Error correction code handling deletions and insertions
I have data which is expressed in form of fixed-length sequence of decimal digits, typically 10 digits in length.
I'm looking for error correction code that would allow me to append one or more characters to the end of my digit sequence and prevent data from being corrupted following ways:
- Individual char replacement (
...12345 => ...92345
) - Swapping of two neighbor characters (
...12345 => ...12435
) - Deletion of character (
...12345 => ....1245
) - Insertion of character (
...12345 => ..123X45
)
I can extend an alphabet of digits to include hexadecimal digits too in sake of reliability, so redundant code can use A-F
letters too. When represented number is smaller than it's required, I can pad it either way with some pad symbol, which could be either plain zero or in range A-F
if necessary.
I would greatly appreciate if this code will not have an overhead larger than two lengths of message itself.
I've already looked at Reed-Solomon code implementations, but as I lack finite field math knowledge yet, I was able only to play with existing implementation over GF(28) — I packed the number as 32-bit representation, applied various kinds of distortions and could only achieve stability with error code itself being twice as long as message itself (e.g. 64 bits), so now I'm searching for something shorter.

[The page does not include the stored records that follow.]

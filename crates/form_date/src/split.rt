// A zone split by signed division into hours and minutes, each without its sign.
ghost use Rattle.std.specs.Prelude.{◌%◌, ◌/◌, ◌≡◌, nat_abs};

// The hours of a zone, and the minutes.
pub fn hours(z: i32) -> u32
    ensures { result ≡ nat_abs z / 60 }
{
    digits::sign::size(z / 60)
}

pub fn minutes(z: i32) -> u32
    ensures { result ≡ nat_abs z % 60 }
{
    digits::sign::size(z % 60)
}
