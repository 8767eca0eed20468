// PIRSA: the GPS and GLONASS masks.
ghost use Rattle.std.specs.Prelude.{◌≡◌};
ghost use Rattle.fields.specs.Parts.{parts_of};
ghost use Rattle.frame.specs.Written.{fault_at, Writes};
ghost use Rattle.numbers.specs.Told.{gives, Tells};
ghost use Rattle.kind_pir_masks.specs.Reply.{pirsa_at, pirsa_body, pirsa_fields, pirsa_from, pirsa_numbers, pirsa_told, pirsa_wrong};

use fields::Fields;
use form::got::Got;
use frame::Written;
use frame::record::Record;
use numbers::Told;

#[derive(Clone, Copy)]
pub struct MasksTold {
    pub gps: u32,
    pub glonass: u32,
}

// Lays the numbers of a record, in the order of docs/LAYOUT.md.
fn lay(out: &mut [i64], r: MasksTold) -> Told
    ensures { Tells (gives out.old 14 (pirsa_numbers r)) result out.new }
{
    let v = [r.gps as i64, r.glonass as i64];
    numbers::tell(out, 14, &v)
}

// The record that numbers say; a number past the end is taken as 0.
pub fn at(n: &[i64]) -> MasksTold
    ensures { result ≡ pirsa_at n.now }
{
    MasksTold {
        gps: numbers::whole_at(n, 0),
        glonass: numbers::whole_at(n, 1),
    }
}

// Lays the record, or refuses the first wrong field.
fn pirsa_from(out: &mut [i64], gps: Got, glonass: Got, third: u8) -> Told
    ensures { Tells (pirsa_from out.old gps glonass third) result out.new }
{
    let w3 = form::keep::near(2, third, 0);
    let w2 = form::keep::near(1, glonass.wrong, w3);
    let w1 = form::keep::near(0, gps.wrong, w2);
    if w1 != 0 {
        return numbers::refuse(5, w1);
    }
    lay(
        out,
        MasksTold {
            gps: gps.value,
            glonass: glonass.value,
        },
    )
}

// Reads the fields of a body, and lays the numbers of the record at the start of `out`. Refused: 4 where there are not so many
// fields as the kind has, 5 at the first wrong field, 8 where `out` is shorter than the record; then `out` is left.
//
//     $PIRSA,7FFEFFFF,FFFFFE,*04
pub fn read(out: &mut [i64], f: Fields) -> Told
    ensures { Tells (pirsa_told out.old f.entry.count (parts_of f.entry)) result out.new }
{
    if f.count != 3 {
        return numbers::refuse(4, 0);
    }
    let gps = form_mask::read::whole(f.at(1), 8);
    let glonass = form_mask::read::whole(f.at(2), 6);
    let third = form::unit::empty(f.at(3));
    pirsa_from(out, gps, glonass, third)
}

// The first value outside its range, by the number of its field, or 0.
fn wrong(r: MasksTold) -> usize
    ensures { result ≡ pirsa_wrong r }
{
    let w2 = form::keep::near(1, form::range::within(r.glonass, 0, 16777215), 0);
    form::keep::near(0, form::range::within(r.gps, 0, 4294967295), w2)
}

impl Record for MasksTold {
    ghost fault = { λ r. fault_at (pirsa_wrong r) };

    ghost texts = { pirsa_fields };

    fn fault(self) -> Written {
        frame::fault(wrong(self))
    }

    fn put_fields(self, out: &mut [u8], at: usize) -> usize {
        let a0 = form_mask::text::eight(out, at, self.gps);
        let a1 = form_mask::text::six(out, a0, self.glonass);
        form::text::empty(out, a1)
    }
}

// Writes the line of a record into `out`, and answers its length. Refused: 5 at the first value outside its
// range, 8 where `out` is shorter than the line.
//
//     $PIRSA,7FFEFFFF,FFFFFE,*04
pub fn write(out: &mut [u8], r: MasksTold) -> Written
    ensures { Writes (fault_at (pirsa_wrong r)) (pirsa_body r) out.old result out.new }
{
    frame::record::write_maker(out, b"PIRSA", r)
}
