// The fields of a sentence in words, for one who reads an exhibit. Each function writes into a lent buffer from
// the place `at` on, as far as there is room, leaves all other bytes, and answers the next place.
#![tactic(auto)]

mod code;
pub mod field_words;
mod form_words;
pub mod nth;
mod table;

ghost use Rattle.std.specs.Prelude.{◌≡◌, min, drop};
ghost use Rattle.put.specs.Wrote.{held, Puts};
ghost use Rattle.words.specs.Words.{entries_text, talkers_of, words_text, kind_text, refusal_text};

// How many satellites a GSV with this count has; no more than four.
fn few(count: u32) -> usize
    ensures { result ≡ min 4 count }
{
    count.min(4) as usize
}

// The rows of the satellites of a GSV.
fn put_entries(out: &mut [u8], at: usize, numbers: &[i64], count: u32) -> usize
    ensures { Puts (held at out.old) (entries_text (min 4 count) (drop 5 numbers.now))
        (held result out.new) }
{
    let mut a = at;
    for i in 0..few(count) {
        let rows = b"satellite: %N\nelevation: %n degrees\nazimuth: %n degrees\nsignal: %n dB\n";
        a = table::put_table(out, a, rows, numbers, 5 + 7 * i);
    }
    a
}

// How many numbers stand before the fields.
fn talkers(kind: u32) -> usize
    ensures { result ≡ talkers_of kind }
{
    if kind < 8 { 1 } else { 0 }
}

// The fields of a sentence, a row each, by its kind and its numbers: `date: 2026-11-15`. A missing value is
// `not sent`; a kind that is none has no rows.
pub fn put_words(out: &mut [u8], at: usize, kind: u32, numbers: &[i64]) -> usize
    ensures { Puts (held at out.old) (words_text kind numbers.now) (held result out.new) }
{
    let tables = b"\
        ;time of day: %t UTC\nposition: %p\nfix quality: %Q\nsatellites used: %n\nhorizontal dilution: %k\n\
        altitude above sea level: %h metres\ngeoid height: %h metres\nage of corrections: %k seconds\nreference station: %n\n\
        ;position: %p\ntime of day: %t UTC\nstatus: %S\nmode: %M\n\
        ;selection: %A\nfix: %F\nsatellite 1: %n\nsatellite 2: %n\nsatellite 3: %n\nsatellite 4: %n\n\
        satellite 5: %n\nsatellite 6: %n\nsatellite 7: %n\nsatellite 8: %n\n\
        satellite 9: %n\nsatellite 10: %n\nsatellite 11: %n\nsatellite 12: %n\n\
        position dilution: %k\nhorizontal dilution: %k\nvertical dilution: %k\n\
        ;lines: %N\nthis line: %N\nsatellites in view: %N\nsatellites on this line: %N\n\
        ;time of day: %t UTC\nstatus: %S\nposition: %p\nspeed: %k knots\ntrue course: %k degrees\n\
        date: %d\nmagnetic variation: %v\nmode: %M\n\
        ;true course: %k degrees\nmagnetic course: %k degrees\nspeed: %k knots\nspeed: %k kilometres per hour\nmode: %M\n\
        ;time of day: %t UTC\ndate: %d\nzone: %z\n\
        ;port: %n\nrate: %n bits per second\nprotocol: %n\nmask: %x\n\
        ;datum: %n\nzone: %z\n\
        ;GPS mask: %g\nGLONASS mask: %r\n\
        ;\
        ;port: %N\nrate: %N bits per second\nprotocol: %N\nmask: %X\n\
        ;datum: %N\nzone: %Z\n\
        ;GPS mask: %G\nGLONASS mask: %R\n\
        ;self-test code: %N\n";
    let table = nth::nth_of(tables, b';', kind as usize);
    let a = table::put_table(out, at, table, numbers, talkers(kind));
    if kind == 4 {
        return put_entries(out, a, numbers, numbers::whole_at(numbers, 4));
    }
    a
}

// What a sentence is, by its kind; nothing for a kind that is none.
pub fn put_kind(out: &mut [u8], at: usize, kind: u32) -> usize
    ensures { Puts (held at out.old) (kind_text kind) (held result out.new) }
{
    let kinds = b"\
        ;position fix;geographic position;satellites used and dilution;satellites in view;position, speed, course and date\
        ;course and speed over ground;time, date and zone;command: settings of a port;command: datum and zone\
        ;command: satellites allowed;command: self-test;reply: settings of a port;reply: datum and zone\
        ;reply: satellites allowed;reply: self-test";
    put::put_bytes(out, at, nth::nth_of(kinds, b';', kind as usize))
}

// What a refusal says, by its number; nothing for a number that is none.
pub fn put_refusal(out: &mut [u8], at: usize, no: u8) -> usize
    ensures { Puts (held at out.old) (refusal_text no) (held result out.new) }
{
    let refusals = b"\
        ;the line rule fails, or a written line would pass 82 bytes;the two digits differ from the XOR of the body\
        ;the address is unknown;the kind does not have so many fields\
        ;a field is not of its form or range, or a value of a record is outside its range\
        ;a line does not go with its group;a satellite is repeated in its group;the output is shorter than what would be written\
        ;the sentence is not a command;the protocol of the port is not 4;the bytes are no index;no exhibit has that number";
    put::put_bytes(out, at, nth::nth_of(refusals, b';', no as usize))
}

Does the code like above exist? If no, could you please point out to restrictions that have to be relaxed in order for it to exist?
The capacity of channels with deletions and insertions remains poorly understood. Still some lower and upper bounds are known, you can easily google for that.
As for codes that work under such circumstances you also have some literature to browse, I'd suggest that you take a look at the seminal work by MacKay and Davey: "Reliable communication over channels with insertions, deletions, and substitutions" and from there you can explore the different works citing it.